World's Smallest Police Station

Carrabelle is the home of the "World's Smallest Police Station", which came into being on March 10, 1963. The city had been having problems with tourists making unauthorized long-distance phone calls on its police phone. The phone was located in a call box that was bolted to a building at the corner of U.S. 98 and Tallahassee Street. Johnnie Mirabella, St. Joe Telephone's lone Carrabelle employee at the time, first tried moving the call box to another building, but the illegal calls continued.

Mirabella noticed that the policeman would get drenched while answering phone calls when it was raining. So when the telephone company decided to replace its worn-out phone booth in front of Burda's Pharmacy, he decided to solve both problems at once by putting the police phone in the old booth.

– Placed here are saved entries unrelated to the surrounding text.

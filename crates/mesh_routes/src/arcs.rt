//! The arcs of a router's own graph (RFC 7181, section 19.1).
ghost use Rattle.std.specs.Prelude.{◌≡◌, ◌+◌, ◌++◌, ◌≤◌, length, IfOk, OnOk, Some};
ghost use Rattle.std.specs.List.{filter_map, cons_option};
ghost use Rattle.std.specs.Prelude.{[]};
ghost use Rattle.mesh_atoms.specs.declared.graphs.Arc4.{Arc4};
ghost use Rattle.mesh_atoms.specs.Base.{base_of, host};
ghost use Rattle.mesh_routes.specs.Hops.Arcs.{arc_at, two_hop_arc};
ghost use Rattle.mesh_routes.specs.Hops.Owners.{addr_cmp};
ghost use Rattle.mesh_routes.specs.Arcs.{own_arc};
ghost use Rattle.std.specs.BTreeMap.{IsOrdered};
ghost use Rattle.mesh_routes.specs.Passes.{Adds, GivenByElement};

use crate::hops::{SymmetricNeighbour, known_arc, two_hop_arc};
use mesh_atoms::{Addr4, Arc4, NetAddr, Seq, host};
use mesh_expire::{Key, Table};
use mesh_nbrs::Near4;
use mesh_topo::TopologyTuple;
use std::alloc::AllocError;
use std::collections::BTreeMap;

// Puts an arc at the end, if there is one.
fn put_arc(arcs: &mut Seq<Arc4>, arc: Option<Arc4>) -> Result<(), AllocError>
    ensures { OnOk result (arcs.new ≡ arcs.old ++ cons_option arc []) }
{
    match arc {
        Some(arc) => arcs.push(arc),
        None => Ok(()),
    }
}

/// Puts the arcs from the router itself to its neighbours' addresses. Takes one pass over the owners.
pub(crate) fn put_own_arcs(
    arcs: &mut Seq<Arc4>,
    from: NetAddr,
    owners: &BTreeMap<Addr4, SymmetricNeighbour>,
) -> Result<(), AllocError>
    ensures arcs { OnOk result (arcs.new ≡ arcs.old ++ filter_map (own_arc from) owners.now.entries) }
    ensures ordered { IsOrdered addr_cmp owners.now }
{
    for (addr, owner) in owners.iter() {
        put_arc(arcs, known_arc(from, host(*addr), owner.metric_out))?;
    }
    Ok(())
}

/// Puts the arcs from neighbours to the 2-hop addresses of an interface. Takes a look-up for each 2-hop tuple.
pub(crate) fn put_two_hop_arcs<N: Near4>(
    arcs: &mut Seq<Arc4>,
    near: &N,
    iface: usize,
    owners: &BTreeMap<Addr4, SymmetricNeighbour>,
) -> Result<(), AllocError>
    ensures adds { OnOk result (Adds (GivenByElement (λ e arc. two_hop_arc owners.now e ≡ Some arc) (base_of (N.near near.now).two_hops iface)) arcs.old arcs.new) }
    ensures few { OnOk result (length arcs.new ≤ length arcs.old + length (base_of (N.near near.now).two_hops iface)) }
{
    for place in 0..near.two_hop_count(iface) {
        if let Some((key, two_hop, _)) = near.two_hop(iface, place) {
            put_arc(arcs, two_hop_arc(owners, key, two_hop))?;
        }
    }
    Ok(())
}

// The arc from the originator that told of a topology tuple to what it told.
fn topology_arc<K: Ord, V: TopologyTuple<K>>(key: &K, tuple: &V) -> Arc4
    ensures { result ≡ arc_at (host (V.kind.origin key.now)) (V.kind.dest key.now) (V.kind.says tuple.now).1 }
{
    let (from, to) = V::ends_of(key);
    Arc4 {
        from: host(from),
        to,
        metric: tuple.metric().value(),
    }
}

/// Puts the arcs of the tuples of a topology set. Takes one pass over it.
pub(crate) fn put_topology_arcs<K: Key + Ord, V: TopologyTuple<K>, T: Table<K, V>>(
    arcs: &mut Seq<Arc4>,
    table: &T,
) -> Result<(), AllocError>
    ensures adds { OnOk result (Adds (GivenByElement (λ e arc. arc_at (host (V.kind.origin e.0)) (V.kind.dest e.0) (V.kind.says e.1.0).1 ≡ arc) (T.content table.now)) arcs.old arcs.new) }
    ensures few { OnOk result (length arcs.new ≤ length arcs.old + length (T.content table.now)) }
{
    for place in 0..table.len() {
        if let Some((key, tuple, _)) = table.at(place) {
            arcs.push(topology_arc(key, tuple))?;
        }
    }
    Ok(())
}
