//! Neighbours and lost neighbours (RFC 6130, section 8, and RFC 7181, section 9).
#![tactic(auto)]

mod ends;
mod losts;
mod near;
mod neighbours;
mod owners;
mod parts;
mod replacing;
mod summary;
mod two_hops;

pub use losts::LostSet;
pub use near::Near4;
pub use neighbours::{LinkNote, NeighbourSet};
pub use two_hops::TwoHopSet;
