//! What notes of links tell together (RFC 6130, section 12.3).
ghost use Rattle.std.specs.Prelude.{◌≡◌, ◌⊎◌, ◌||◌, Some, max};
ghost use Rattle.mesh_atoms.specs.Words.{IsLeastMetric};
ghost use Rattle.mesh_nbrs.specs.Neighbours.{IsNotesSummary};

use crate::neighbours::LinkNote;
use mesh_atoms::{Metric, least_metric};

/// What notes tell together: whether one is of a SYMMETRIC link, the least metrics of those, and the latest moment.
#[derive(Clone, Copy)]
pub struct Summary {
    pub symmetric: bool,
    pub metric_in: Option<Metric>,
    pub metric_out: Option<Metric>,
    pub until: u64,
}

/// What one note tells.
pub fn summary_of(note: &LinkNote) -> Summary
    ensures { IsNotesSummary (λ n. n ≡ note.now) result }
{
    if note.symmetric {
        Summary {
            symmetric: true,
            metric_in: Some(note.link_in),
            metric_out: note.link_out,
            until: note.until,
        }
    } else {
        Summary {
            symmetric: false,
            metric_in: None,
            metric_out: None,
            until: note.until,
        }
    }
}

/// What two summaries tell together.
pub fn joined(first: &Summary, second: &Summary) -> Summary
    ensures symmetric { result.symmetric ≡ (first.now.symmetric || second.now.symmetric) }
    ensures metric_in { IsLeastMetric (λ m. (first.now.metric_in ≡ Some m) ⊎ (second.now.metric_in ≡ Some m)) result.metric_in }
    ensures metric_out { IsLeastMetric (λ m. (first.now.metric_out ≡ Some m) ⊎ (second.now.metric_out ≡ Some m)) result.metric_out }
    ensures until { result.until ≡ max first.now.until second.now.until }
{
    Summary {
        symmetric: first.symmetric || second.symmetric,
        metric_in: least_metric(first.metric_in, second.metric_in),
        metric_out: least_metric(first.metric_out, second.metric_out),
        until: first.until.max(second.until),
    }
}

With the help of Curly Messer, who was a deputy sheriff at the time, Mirabella moved the phone booth to its current site on U.S. 98. The booth did protect the officers from the elements, but some people still sneaked into it to make long-distance calls. Eventually the dial was removed from the phone, making it impossible for tourists to make calls.

It has been featured on television shows Real People, Ripley's Believe It or Not!, The Today Show, and The Tonight Show Starring Johnny Carson. It was featured in the movie Tate's Hell, which was produced at Florida State University. Along with police station T-shirts—the design is copyrighted—there are police station hats, visors, postcards, and calendars.

But life has not always been easy for the retired St. Joseph Telephone and Telegraph Company phone booth. Vandals have ripped phones out of the booth and shot holes through the glass. It has been knocked over by a pickup truck, a tourist once asked a gas station attendant to help him load it into his vehicle to take it back to Tennessee, and it was knocked over and damaged by Hurricane Kate. Today a replica still stands on the original spot along US Highway 98 in downtown Carrabelle. The original World's Smallest Police Station is safely housed and on display at the Carrabelle History Museum at 106 SE Avenue B, Carrabelle, FL.

Museums

Carrabelle has a local history museum, the Carrabelle History Museum, which is located at 106 SE Avenue B, in the historic Marvin Justiss building, also known as "Old City Hall". The museum is free and open on Wednesday and Sunday from 12 pm to 5 pm and on Thursday, Friday and Saturday from 10 am to 5 pm and by appointment other days, for visitors interested in learning about the history and culture of Carrabelle and the surrounding area.
The Camp Gordon Johnston World War II Museum is located at 1873 Highway 98 West, across the street from Carrabelle Public Beach, and admission is free. The museum was named after Colonel Gordon Johnston, an American soldier who served in the Spanish–American War, Philippine–American War and World War I.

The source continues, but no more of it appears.